- Born: Henry Albert Botkin 1896 Boston, Massachusetts, United States
- Died: 1983 (aged 86–87)
- Education: Massachusetts College of Art, Art Students League of New York
- Known for: Painting, Collage
- Movement: American Modernism
- Patrons: George Gershwin, Ira Gershwin

= Henry Botkin =

American painter

Henry Botkin (1896-1983) was born in Boston, Massachusetts, and was a mid-century American Modernist who served as President of the Federation of Modern Painters and Sculptors from 1957 to 1961. He was an illustrator for The Saturday Evening Post, Harpers, and The Century Magazine. Botkin was a cousin and close friend to composers, George Gershwin and Ira Gershwin.

==Works==

After training at the Massachusetts College of Art, Botkin moved to New York City. He took classes in drawing and illustration at the Art Students League of New York and worked as an illustrator for Harper’s, The Saturday Evening Post and Century magazines. In the late 1930s Botkin changed his approach to painting, moving from the School of Paris Modernism that he had adopted after he left Boston. Botkin was known for painting the theater, still lifes, landscapes, and low-country blacks in a romantic manner that some criticized for lacking social realism. By the late 1940s he had turned to abstraction in oils and collage. He grew an interest in collage in the early 1950s, which dominated his work until the 1960s. He served as president of four major art organizations including: The Artists Equity Association, The American Abstract Artists, Group 256 Provincetown, and The Federation of Modern Painters and Sculptors. Botkin helped to organize the first exhibition of American abstract painting at the National Museum of Modern Art, Tokyo Japan, in 1955. He also organized the sale of five hundred and forty paintings at the Whitney Museum of American Art in New York, 1959. Botkin spoke on the radio, “The Voice of America,” television, led panel discussions throughout the country, and lectured and taught privately in New York, California, and Provincetown, Massachusetts.

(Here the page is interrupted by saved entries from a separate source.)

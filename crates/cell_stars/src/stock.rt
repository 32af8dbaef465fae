//! Lists that are kept to be used again: plans, one after another, take memory only where they need more than those
//! before them. No contract speaks of what is kept.

ghost use Rattle.std.specs.Prelude.{◌≡◌, ◌≤◌, [], IfOk, vec_capacity};

use crate::around::Around;
use crate::homes::Home;
use crate::joined::{Beside, Met, Side};
use crate::joins::{Joint, Position};
use crate::matched::Matched;
use crate::moves::Moves;
use crate::parts::KeyPart;
use crate::plan::{KeysPlan, PlacesPlan, Plan, StarsPlan};
use crate::slots::Slot;
use point_order::{Cell, Point};
use std::alloc::{AllocError, Global};
use std::fmt::{self, Debug, Formatter};

/// Lists of plans that were carried out, and those that a plan is made with, kept to be used again.
#[derive(Drop)]
pub struct Stock {
    pub(crate) points: Vec<Vec<Point>>,
    pub(crate) homes: Vec<Vec<Home>>,
    pub(crate) sides: Vec<Vec<[Beside; 4]>>,
    pub(crate) before: Vec<Vec<[Option<Side>; 4]>>,
    pub(crate) met: Vec<Vec<Met>>,
    // The places in stars.
    pub(crate) places: Vec<Vec<u32>>,
    // Places and numbers of stars.
    pub(crate) numbers: Vec<Vec<u32>>,
    pub(crate) cells: Vec<Vec<Cell>>,
    pub(crate) placed: Vec<Vec<(u32, Cell)>>,
    pub(crate) positions: Vec<Vec<Position>>,
    pub(crate) turns: Vec<Vec<(u32, Point)>>,
    pub(crate) stars: Vec<Vec<(u32, Around)>>,
    pub(crate) slots: Vec<Vec<(u32, Slot)>>,
    pub(crate) rims: Vec<Vec<Joint>>,
    pub(crate) keys: Vec<Vec<(Point, u32)>>,
    pub(crate) parts: Vec<Vec<(u32, KeyPart)>>,
}

impl Debug for Stock {
    fn fmt<W: fmt::Write>(&self, f: &mut Formatter<W>) -> fmt::Result {
        f.debug_struct("Stock").finish_non_exhaustive()
    }
}

// An empty list with room for so many: a kept one, if there is one.
pub(crate) fn list_of<T: Drop>(
    kept: &mut Vec<Vec<T>>,
    alloc: Global,
    count: usize,
) -> Result<Vec<T>, AllocError>
    ensures items { IfOk result (λ list. list.items ≡ []) }
    ensures room { IfOk result (λ list. count ≤ vec_capacity list) }
{
    let Some(mut list) = kept.pop() else {
        return Vec::with_capacity(alloc, count);
    };
    list.clear();
    list.reserve(count)?;
    Ok(list)
}

// Keeps the list, if there is memory for that.
pub(crate) fn keep<T: Drop>(kept: &mut Vec<Vec<T>>, list: Vec<T>) {
    let _ = kept.push(list);
}

impl Stock {
    /// Nothing is kept so far. It takes no memory.
    pub fn new(alloc: Global) -> Stock {
        Stock {
            points: Vec::new(alloc),
            homes: Vec::new(alloc),
            sides: Vec::new(alloc),
            before: Vec::new(alloc),
            met: Vec::new(alloc),
            places: Vec::new(alloc),
            numbers: Vec::new(alloc),
            cells: Vec::new(alloc),
            placed: Vec::new(alloc),
            positions: Vec::new(alloc),
            turns: Vec::new(alloc),
            stars: Vec::new(alloc),
            slots: Vec::new(alloc),
            rims: Vec::new(alloc),
            keys: Vec::new(alloc),
            parts: Vec::new(alloc),
        }
    }

    /// A copy of the cells.
    ///
    /// # Errors
    /// Want of memory.
    pub fn copied(&mut self, alloc: Global, cells: &[Cell]) -> Result<Vec<Cell>, AllocError>
        ensures { IfOk result (λ list. list.items ≡ cells.now) }
    {
        let mut list = list_of(&mut self.cells, alloc, cells.len())?;
        list.extend_from_slice(cells)?;
        Ok(list)
    }

    /// Keeps a list of cells.
    pub fn keep_cells(&mut self, list: Vec<Cell>) {
        keep(&mut self.cells, list);
    }

    /// Keeps the lists of what was found once for an exchange, after its plans.
    pub fn keep_matched(&mut self, matched: Matched) {
        let Matched {
            vertices,
            gone,
            fresh,
            joined,
            ..
        } = matched;
        keep(&mut self.points, vertices);
        keep(&mut self.homes, gone.list);
        keep(&mut self.homes, fresh.list);
        keep(&mut self.sides, joined.sides);
        keep(&mut self.before, joined.before);
    }

    // Keeps the lists of what goes and comes.
    pub(crate) fn keep_moves(&mut self, moves: Moves) {
        let Moves {
            freed,
            placed,
            gone,
            ..
        } = moves;
        keep(&mut self.numbers, freed);
        keep(&mut self.placed, placed);
        keep(&mut self.numbers, gone.places);
    }

    // Keeps the lists of what became of the places.
    fn keep_places(&mut self, plan: PlacesPlan) {
        let PlacesPlan {
            slots,
            free,
            rim,
            ..
        } = plan;
        keep(&mut self.slots, slots);
        keep(&mut self.rims, rim);
        keep(&mut self.numbers, free.into_numbers());
    }

    // Keeps those of what became of the keys.
    fn keep_keys(&mut self, plan: KeysPlan) {
        let KeysPlan { mut parts, .. } = plan;
        while let Some((_, part)) = parts.pop() {
            keep(&mut self.keys, part.keys);
        }
        keep(&mut self.parts, parts);
    }

    // Keeps those of what became of the stars.
    fn keep_stars(&mut self, plan: StarsPlan) {
        let StarsPlan {
            mut stars,
            keys,
            spare,
            ..
        } = plan;
        while let Some((_, around)) = stars.pop() {
            keep(&mut self.places, around.places);
        }
        keep(&mut self.stars, stars);
        keep(&mut self.numbers, spare.into_numbers());
        self.keep_keys(keys);
    }

    /// Keeps the lists of a plan that is not needed any more.
    pub fn keep(&mut self, plan: Plan) {
        let Plan { places, stars } = plan;
        self.keep_places(places);
        self.keep_stars(stars);
    }
}
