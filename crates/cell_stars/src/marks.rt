//! Marks of numbers, by which it is told at once of most numbers whether they are in a list.

ghost use Rattle.std.specs.Prelude.{◌≡◌, ◌<◌, not, IsTrue};
ghost use Rattle.point_order.specs.Sets.{IsIn, IsAscending, is_among};
ghost use Rattle.cell_stars.specs.Moves.{AreMarked};

use crate::numbers::is_listed;

// The marks of numbers, each at the rest of a division by 2048: where in the list the last number with that rest is
// likely to stand, counted from 1, and 0 where there is none.
pub(crate) type Marks = [u8; 2048];

// The mark of a number that stands at a place.
fn mark_of(at: usize) -> u8
    ensures { 0 < result }
{
    if at < 255 { at as u8 + 1 } else { 255 }
}

// The marks of the numbers of a list.
pub(crate) fn marks_of(list: &[u32]) -> Marks
    ensures { AreMarked result list.now }
{
    let mut marks = [0; 2048];
    for (at, i) in list.iter().enumerate() {
        marks[(*i % 2048) as usize] = mark_of(at);
    }
    marks
}

// Whether the number stands at the place that the mark tells.
fn is_at_mark(list: &[u32], mark: u8, i: u32) -> bool
    ensures { IsTrue result → IsIn i list.now }
{
    let at = usize::from(mark).wrapping_sub(1);
    if at < list.len() {
        list[at] == i
    } else {
        false
    }
}

// Whether the number is none of the list, if that ascends and has these marks.
pub(crate) fn is_unmarked(list: &[u32], marks: &Marks, i: u32) -> bool
    ensures { IsAscending list.now → AreMarked marks.now list.now → result ≡ not (is_among i list.now) }
{
    let mark = marks[(i % 2048) as usize];
    if mark == 0 {
        return true;
    }
    if is_at_mark(list, mark, i) {
        return false;
    }
    !is_listed(list, i)
}
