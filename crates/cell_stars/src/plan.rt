//! Plans of exchanges, which are carried out without memory and without a search.

ghost use Rattle.std.specs.Option.{option_map};

use crate::around::Around;
use crate::free::Free;
use crate::joins::Joint;
use crate::parts::KeyPart;
use crate::slots::Slot;
use std::fmt::{self, Debug, Formatter};
use std::marker::Model;

/// What stands at some places after an exchange.
#[derive(Drop)]
pub(crate) struct PlacesPlan {
    pub(crate) grown: Option<Vec<Slot>>,
    pub(crate) slots: Vec<(u32, Slot)>,
    pub(crate) free: Free,
    pub(crate) rim: Vec<Joint>,
}

/// What some parts of the keys are after an exchange.
#[derive(Drop)]
pub(crate) struct KeysPlan {
    pub(crate) more: Option<Vec<KeyPart>>,
    pub(crate) parts: Vec<(u32, KeyPart)>,
}

/// What some stars are after an exchange.
#[derive(Drop)]
pub(crate) struct StarsPlan {
    pub(crate) more: Option<Vec<Around>>,
    pub(crate) stars: Vec<(u32, Around)>,
    pub(crate) keys: KeysPlan,
    pub(crate) spare: Free,
}

/// What an exchange makes of the cells of a bucket: what stands at some places after it, and what some stars are then.
#[derive(Drop)]
pub struct Plan {
    pub(crate) places: PlacesPlan,
    pub(crate) stars: StarsPlan,
}

impl Debug for Plan {
    fn fmt<W: fmt::Write>(&self, f: &mut Formatter<W>) -> fmt::Result {
        f.debug_struct("Plan").finish_non_exhaustive()
    }
}

impl Model for Plan {
    ghost use Rattle.std.specs.Option.{option_map};
    ghost use Rattle.cell_stars.specs.Plans.{PlanView};

    ghost Value = { PlanView };

    ghost view = { λ p. record {
      grown = option_map (λ v. v.items) p.places.grown;
      slots = p.places.slots.items;
      more = option_map (λ v. v.items) p.stars.more;
      stars = p.stars.stars.items;
      parts = option_map (λ v. v.items) p.stars.keys.more;
      keys = p.stars.keys.parts.items;
    } };
}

==Friendship with George Gershwin==

Botkin was a cousin, close friend, and painting teacher to Gershwin. Gershwin collected many of Botkin's paintings, which people said corresponded in mood to Gershwin's music. Martha Severens wrote in her book, The Charleston Renaissance, "The interaction between the two cousins was a dynamic one, and Botkin created paintings that reflect Gershwin's music. Correspondences are found in subject and in style. Both had a genuine interest in African-American culture that preceded their visit to Folly Beach and the evolution of Porgy and Bess. . . .They talked art together and spent years of their lives together." Botkin encouraged Gershwin to paint, and after Gershwin’s death, he arranged an exhibition of his cousin's work at Avery Fisher Hall.